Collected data
+ + + + + + +
//! The steps of an inner template in a product's place.

ghost use Rattle.std.specs.Prelude.{◌≡◌, ◌+◌, ◌++◌, ℕ, List, IfOk, OnOk, get_or, map};
ghost use Rattle.conversion_model.specs.Chosen.{after, here as source_here, made_by as values_of, moved_step as step_moved, placed as source_placed};
ghost use Rattle.choice_code.specs.Drafts.{done_of, state_of};
ghost use Rattle.choice_code.specs.Plain.{plain_step, plain_template};

use crate::draft::{Draft, copy_types, found_or};
use conversion_model::{Source, SourceList, StepList, StepTree, TemplateTree};
use sqlite_items::Items;
use std::alloc::{AllocError, Global};
use tree_model::{IdList, NoMemory, copy_dict};

fn placed(operands: &[Source], base: u32, source: Source) -> Result<Source, NoMemory>
    ensures { IfOk result (λ r. r ≡ source_placed operands.now base source) }
{
    match source {
        Source::Operand(place) => Ok(found_or(operands, place, source)),
        Source::Made(place) => match base.checked_add(place) {
            Some(number) => Ok(Source::Made(number)),
            None => Err(AllocError),
        },
    }
}

fn all_placed(
    alloc: Global,
    operands: &[Source],
    base: u32,
    sources: &[Source],
) -> Result<SourceList, NoMemory>
    ensures { IfOk result (λ rs. rs ≡ map (source_placed operands.now base) sources.now) }
{
    let mut all = Items::new(alloc);
    'each: for source in sources {
        all.push(placed(operands, base, *source)?)?;
    }
    Ok(all)
}

fn successor_at(successors: &[u32], place: u32) -> u32
    ensures { result ≡ get_or successors.now place 0 }
{
    match successors.get(place as usize) {
        Some(successor) => *successor,
        None => 0,
    }
}

fn successors_at(alloc: Global, successors: &[u32], places: &[u32]) -> Result<IdList, NoMemory>
    ensures { IfOk result (λ ss. ss ≡ map (λ k. get_or successors.now k 0) places.now) }
{
    let mut all = Items::new(alloc);
    'each: for place in places {
        all.push(successor_at(successors, *place))?;
    }
    Ok(all)
}

fn moved_step(
    alloc: Global,
    operands: &[Source],
    base: u32,
    successors: &[u32],
    step: &StepTree,
) -> Result<StepTree, NoMemory>
    ensures { IfOk result (λ s. plain_step s ≡ step_moved operands.now base successors.now (plain_step step.now)) }
{
    let name = step.name.copy(alloc)?;
    let props = copy_dict(alloc, step.props.as_slice())?;
    let sources = all_placed(alloc, operands, base, step.sources.as_slice())?;
    let successors = successors_at(alloc, successors, step.successors.as_slice())?;
    let makes = copy_types(alloc, step.makes.as_slice())?;
    Ok(StepTree {
        name,
        props,
        sources,
        successors,
        makes,
    })
}

fn move_steps(
    alloc: Global,
    operands: &[Source],
    base: u32,
    successors: &[u32],
    steps: &[StepTree],
    out: &mut StepList,
) -> Result<(), NoMemory>
    ensures { OnOk result (map plain_step out.new ≡ map plain_step out.old ++ map (step_moved operands.now base successors.now) (map plain_step steps.now)) }
{
    'each: for step in steps {
        out.push(moved_step(alloc, operands, base, successors, step)?)?;
    }
    Ok(())
}

fn sum(a: u32, b: usize) -> Result<u32, NoMemory>
    ensures { IfOk result (λ n. n ≡ a + b) }
{
    let Ok(b) = u32::try_from(b) else {
        return Err(AllocError);
    };
    match a.checked_add(b) {
        Some(sum) => Ok(sum),
        None => Err(AllocError),
    }
}

/// How many values steps make.
fn made_by(steps: &[StepTree]) -> Result<u32, NoMemory>
    ensures { IfOk result (λ n. n ≡ values_of (map plain_step steps.now)) }
{
    let mut count = 0;
    'each: for step in steps {
        count = sum(count, step.makes.len())?;
    }
    Ok(count)
}

impl Draft {
    /// The steps of the inner template go behind those so far.
    fn put_steps(
        &mut self,
        alloc: Global,
        operands: &[Source],
        successors: &[u32],
        inner: &TemplateTree,
    ) -> Result<(), NoMemory>
        ensures done { OnOk result (done_of self.new ≡ done_of self.old ++ map (step_moved operands.now self.old.count successors.now) (plain_template inner.now).steps) }
        ensures state { state_of self.new ≡ state_of self.old }
    {
        let base = self.count;
        move_steps(
            alloc,
            operands,
            base,
            successors,
            inner.steps.as_slice(),
            &mut self.steps,
        )
    }

    /// The values of the product are those that the inner template gives.
    fn put_values(
        &mut self,
        alloc: Global,
        operands: &[Source],
        step: &StepTree,
        inner: &TemplateTree,
    ) -> Result<(), NoMemory>
        requires { operands.now ≡ map (source_here (state_of self.old)) step.now.sources }
        ensures state { OnOk result (state_of self.new ≡ after (state_of self.old) (plain_step step.now) (plain_template inner.now)) }
        ensures done { done_of self.new ≡ done_of self.old }
    {
        let count = sum(self.count, made_by(inner.steps.as_slice())? as usize)?;
        let made = all_placed(alloc, operands, self.count, inner.results.as_slice())?;
        let types = copy_types(alloc, step.makes.as_slice())?;
        self.made.append(made)?;
        self.made_types.append(types)?;
        self.count = count;
        Ok(())
    }

    /// The inner template stands in the place of a product.
    pub fn put(
        &mut self,
        alloc: Global,
        step: &StepTree,
        inner: &TemplateTree,
    ) -> Result<(), NoMemory>
        ensures done { OnOk result (done_of self.new ≡ done_of self.old ++ map (step_moved (map (source_here (state_of self.old)) step.now.sources) self.old.count step.now.successors) (plain_template inner.now).steps) }
        ensures state { OnOk result (state_of self.new ≡ after (state_of self.old) (plain_step step.now) (plain_template inner.now)) }
    {
        let operands = self.all_here(alloc, step.sources.as_slice())?;
        self.put_steps(
            alloc,
            operands.as_slice(),
            step.successors.as_slice(),
            inner,
        )?;
        self.put_values(alloc, operands.as_slice(), step, inner)?;
        Ok(())
    }
}
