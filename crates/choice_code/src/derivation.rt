//! The chosen derivation.

ghost use Rattle.std.specs.Prelude.{◌≡◌, ◌∷◌, ◌+◌, ℕ, List, None, Option, Some, IfOk, [], length, map, slice_get, if◌then◌else◌};
ghost use Rattle.conversion_model.specs.Chosen.{Ending, Ranked, by_template as by_row_template, change_of, chosen as chosen_leaves, order, products as all_products};
ghost use Rattle.conversion_target.specs.Targets.{target_of};
ghost use Rattle.legal_graph.specs.Graphs.{order_in_graph};
ghost use Rattle.choice_code.specs.Choosing.{by_place, by_places, chosen_by};
ghost use Rattle.choice_code.specs.Drafts.{behind, done_of, going_on, one_product, state_of};
ghost use Rattle.choice_code.specs.Infos.{converted_in};
ghost use Rattle.choice_code.specs.Plain.{plain_or_none, plain_step, plain_template};
ghost use Rattle.row_code.specs.Shapes.{shape_of};
ghost use Rattle.row_code.specs.Straight.{straight_at};

use crate::draft::Draft;
use crate::given::finish;
use crate::own::itself;
use conversion_model::{StepTree, TemplateTree};
use conversion_target::Target;
use legal_graph::{Graph, PatternInfo};
use row_code::{Rows, ShapeTree};
use std::alloc::{AllocError, Global};
use tree_model::NoMemory;

/// What a choice looks at: the patterns, the target, its graph of legality, and how many bits an index has.
#[derive(Clone, Copy)]
pub struct Pass<'a, R: Rows> {
    pub set: &'a R,
    pub target: &'a Target,
    pub graph: &'a Graph,
    pub bits: u32,
}

/// Whether the pattern at a place takes operands and results in their converted types.
pub fn is_converted(infos: &[PatternInfo], place: u32) -> bool
    ensures { result ≡ converted_in infos.now place }
{
    match infos.get(place as usize) {
        Some(info) => info.converted,
        None => false,
    }
}

fn with_place(alloc: Global, place: u32, path: &[u32]) -> Result<Vec<u32>, NoMemory>
    ensures { IfOk result (λ v. v.items ≡ place ∷ path.now) }
{
    let mut longer = Vec::with_capacity(alloc, 1)?;
    longer.push(place)?;
    longer.extend_from_slice(path)?;
    Ok(longer)
}

/// The leaves of the chosen derivation of at most so many levels, by patterns that are not on the path.
#[cycle(choose)]
pub(crate) fn chosen_within<R: Rows>(
    alloc: Global,
    pass: &Pass<'_, R>,
    room: u32,
    path: &[u32],
    shape: &ShapeTree,
) -> Result<Option<TemplateTree>, NoMemory>
    ensures { IfOk result (λ t. plain_or_none t ≡ chosen_by pass.now.bits (target_of pass.now.target.now) (R.table pass.now.set.now) (order_in_graph pass.now.graph.now) room path.now (shape_of shape.now)) }
{
    if room == 0 {
        return Ok(None);
    }
    if pass.target.is_legal(shape) {
        let own = itself(alloc, shape)?;
        return Ok(Some(own));
    }
    let places = pass.graph.order(&shape.name);
    let found = first_of(alloc, pass, room - 1, path, shape, places)?;
    Ok(found)
}

/// By the first pattern in order that isn't on the path and all of whose products are legalised on the path with it.
#[cycle(choose)]
fn first_of<R: Rows>(
    alloc: Global,
    pass: &Pass<'_, R>,
    room: u32,
    path: &[u32],
    shape: &ShapeTree,
    places: &[u32],
) -> Result<Option<TemplateTree>, NoMemory>
    ensures { IfOk result (λ t. plain_or_none t ≡ by_places pass.now.bits (R.table pass.now.set.now) (chosen_by pass.now.bits (target_of pass.now.target.now) (R.table pass.now.set.now) (order_in_graph pass.now.graph.now) room) path.now (shape_of shape.now) places.now) }
{
    'each: for place in places {
        if let Some(found) = by_pattern(alloc, pass, room, path, shape, *place)? {
            return Ok(Some(found));
        }
    }
    Ok(None)
}

/// By the pattern at a place.
#[cycle(choose)]
pub(crate) fn by_pattern<R: Rows>(
    alloc: Global,
    pass: &Pass<'_, R>,
    room: u32,
    path: &[u32],
    shape: &ShapeTree,
    place: u32,
) -> Result<Option<TemplateTree>, NoMemory>
    ensures { IfOk result (λ t. plain_or_none t ≡ by_place pass.now.bits (R.table pass.now.set.now) (chosen_by pass.now.bits (target_of pass.now.target.now) (R.table pass.now.set.now) (order_in_graph pass.now.graph.now) room) path.now (shape_of shape.now) place) }
{
    if path.contains(&place) {
        return Ok(None);
    }
    let Some(row) = pass.set.line(alloc, pass.bits, place, shape)? else {
        return Ok(None);
    };
    let path = with_place(alloc, place, path)?;
    let converted = is_converted(pass.set.infos(), place);
    let found = by_template(alloc, pass, room, path.as_slice(), converted, shape, &row)?;
    Ok(found)
}

/// By a template: casts of the operands, the leaves of the products, casts of the results.
#[cycle(choose)]
fn by_template<R: Rows>(
    alloc: Global,
    pass: &Pass<'_, R>,
    room: u32,
    path: &[u32],
    converted: bool,
    shape: &ShapeTree,
    row: &TemplateTree,
) -> Result<Option<TemplateTree>, NoMemory>
    ensures { IfOk result (λ t. plain_or_none t ≡ by_row_template (change_of pass.now.bits converted) (chosen_by pass.now.bits (target_of pass.now.target.now) (R.table pass.now.set.now) (order_in_graph pass.now.graph.now) room path.now) (shape_of shape.now) (plain_template row.now)) }
{
    let mut draft = Draft::new(alloc);
    draft.take_operands(alloc, pass.bits, converted, shape.operands.as_slice())?;
    if !products(alloc, pass, room, path, row.steps.as_slice(), &mut draft)? {
        return Ok(None);
    }
    let results = shape.results.as_slice();
    let whole = finish(
        alloc,
        pass.bits,
        converted,
        results,
        row.results.as_slice(),
        draft,
    )?;
    Ok(Some(whole))
}

/// The leaves of each product in order, as far as all are legalised.
#[cycle(choose)]
pub(crate) fn products<R: Rows>(
    alloc: Global,
    pass: &Pass<'_, R>,
    room: u32,
    path: &[u32],
    steps: &[StepTree],
    draft: &mut Draft,
) -> Result<bool, NoMemory>
    ensures { IfOk result (λ good. (last : Ending) → behind (done_of draft.old) (all_products (chosen_by pass.now.bits (target_of pass.now.target.now) (R.table pass.now.set.now) (order_in_graph pass.now.graph.now) room path.now) last (map plain_step steps.now) (state_of draft.old)) ≡ (if good then going_on draft.new last else None)) }
{
    'each: for step in steps {
        if !product(alloc, pass, room, path, step, draft)? {
            return Ok(false);
        }
    }
    Ok(true)
}

/// The leaves of one product.
#[cycle(choose)]
fn product<R: Rows>(
    alloc: Global,
    pass: &Pass<'_, R>,
    room: u32,
    path: &[u32],
    step: &StepTree,
    draft: &mut Draft,
) -> Result<bool, NoMemory>
    ensures { IfOk result (λ good. (rest : Ending) → behind (done_of draft.old) (one_product (chosen_by pass.now.bits (target_of pass.now.target.now) (R.table pass.now.set.now) (order_in_graph pass.now.graph.now) room path.now) rest (plain_step step.now) (state_of draft.old)) ≡ (if good then going_on draft.new rest else None)) }
{
    let shape = draft.product(alloc, step)?;
    match chosen_within(alloc, pass, room, path, &shape)? {
        None => Ok(false),
        Some(inner) => {
            draft.put(alloc, step, &inner)?;
            Ok(true)
        }
    }
}

/// How many levels a derivation has at most.
pub(crate) fn levels(infos: &[PatternInfo]) -> Result<u32, NoMemory>
    ensures { IfOk result (λ n. n ≡ length infos.now + 1) }
{
    match u32::try_from(infos.len()) {
        Ok(count) => match count.checked_add(1) {
            Some(levels) => Ok(levels),
            None => Err(AllocError),
        },
        Err(_) => Err(AllocError),
    }
}

/// The leaves of the chosen derivation of an operation, with its casts, as one template; none where it has none.
pub fn chosen<R: Rows>(
    alloc: Global,
    pass: &Pass<'_, R>,
    shape: &ShapeTree,
) -> Result<Option<TemplateTree>, NoMemory>
    requires { (name : List ℕ) → order_in_graph pass.now.graph.now name ≡ map (λ (r : Ranked). r.place) (order (target_of pass.now.target.now) (R.table pass.now.set.now) name) }
    ensures { IfOk result (λ t. plain_or_none t ≡ chosen_leaves pass.now.bits (target_of pass.now.target.now) (R.table pass.now.set.now) [] (shape_of shape.now)) }
{
    let room = levels(pass.set.infos())?;
    let found = chosen_within(alloc, pass, room, &[], shape)?;
    Ok(found)
}
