//! The choice: which operations replace one, found on shapes alone, before anything is written.
#![tactic(auto)]

mod casts;
mod derivation;
mod draft;
mod given;
mod moves;
mod own;
mod paths;

pub use casts::{cast_step, type_changes};
pub use derivation::{Pass, chosen, is_converted};
pub use draft::{Draft, copy_types};
pub use paths::{leaves_on, products_on, row_leaves};
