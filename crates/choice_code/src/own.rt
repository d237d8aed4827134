//! A legal operation as a template.

ghost use Rattle.std.specs.Prelude.{◌≡◌, ℕ, IfOk, map};
ghost use Rattle.conversion_model.specs.Chosen.{counted as counted_from, itself as own_leaf, places};
ghost use Rattle.choice_code.specs.Own.{own_step as step_of, source_of};
ghost use Rattle.choice_code.specs.Plain.{plain_step, plain_template};
ghost use Rattle.row_code.specs.Shapes.{shape_of};

use crate::draft::copy_types;
use conversion_model::{Source, SourceList, StepTree, TemplateTree};
use row_code::ShapeTree;
use sqlite_items::Items;
use std::alloc::{AllocError, Global};
use tree_model::{IdList, NoMemory, TypeTree, copy_dict, one};

fn source_at(made: bool, place: usize) -> Result<Source, NoMemory>
    ensures { IfOk result (λ s. s ≡ source_of made place) }
{
    let Ok(number) = u32::try_from(place) else {
        return Err(AllocError);
    };
    Ok(if made {
        Source::Made(number)
    } else {
        Source::Operand(number)
    })
}

/// A source for each type, in order.
fn all_sources(alloc: Global, made: bool, types: &[TypeTree]) -> Result<SourceList, NoMemory>
    ensures { IfOk result (λ ss. ss ≡ map (source_of made) (places 0 types.now)) }
{
    let mut sources = Items::new(alloc);
    'each: for (place, _t) in types.iter().enumerate() {
        sources.push(source_at(made, place)?)?;
    }
    Ok(sources)
}

/// The numbers below that one.
fn counted(alloc: Global, count: u32) -> Result<IdList, NoMemory>
    ensures { IfOk result (λ ks. ks ≡ counted_from 0 count) }
{
    let mut numbers = Items::new(alloc);
    'each: for number in 0..count {
        numbers.push(number)?;
    }
    Ok(numbers)
}

#[tactic(auto, using(crate::proofs::OwnLaws::plain_places))]
fn own_step(alloc: Global, shape: &ShapeTree) -> Result<StepTree, NoMemory>
    ensures { IfOk result (λ s. plain_step s ≡ step_of (shape_of shape.now)) }
{
    let name = shape.name.copy(alloc)?;
    let props = copy_dict(alloc, shape.props.as_slice())?;
    let sources = all_sources(alloc, false, shape.operands.as_slice())?;
    let successors = counted(alloc, shape.successors)?;
    let makes = copy_types(alloc, shape.results.as_slice())?;
    Ok(StepTree {
        name,
        props,
        sources,
        successors,
        makes,
    })
}

#[tactic(auto, using(crate::proofs::OwnLaws::plain_places))]
/// A legal operation is its own leaf.
pub fn itself(alloc: Global, shape: &ShapeTree) -> Result<TemplateTree, NoMemory>
    ensures { IfOk result (λ t. plain_template t ≡ own_leaf (shape_of shape.now)) }
{
    let step = own_step(alloc, shape)?;
    let steps = one(alloc, step)?;
    let results = all_sources(alloc, true, shape.results.as_slice())?;
    Ok(TemplateTree { steps, results })
}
+ + + + + + +
WORK ORDER: Wherever a line in the records contains the word "most", copy that line.

WORKED SOLUTION:
/// The leaves of the chosen derivation of at most so many levels, by patterns that are not on the path.
/// How many levels a derivation has at most.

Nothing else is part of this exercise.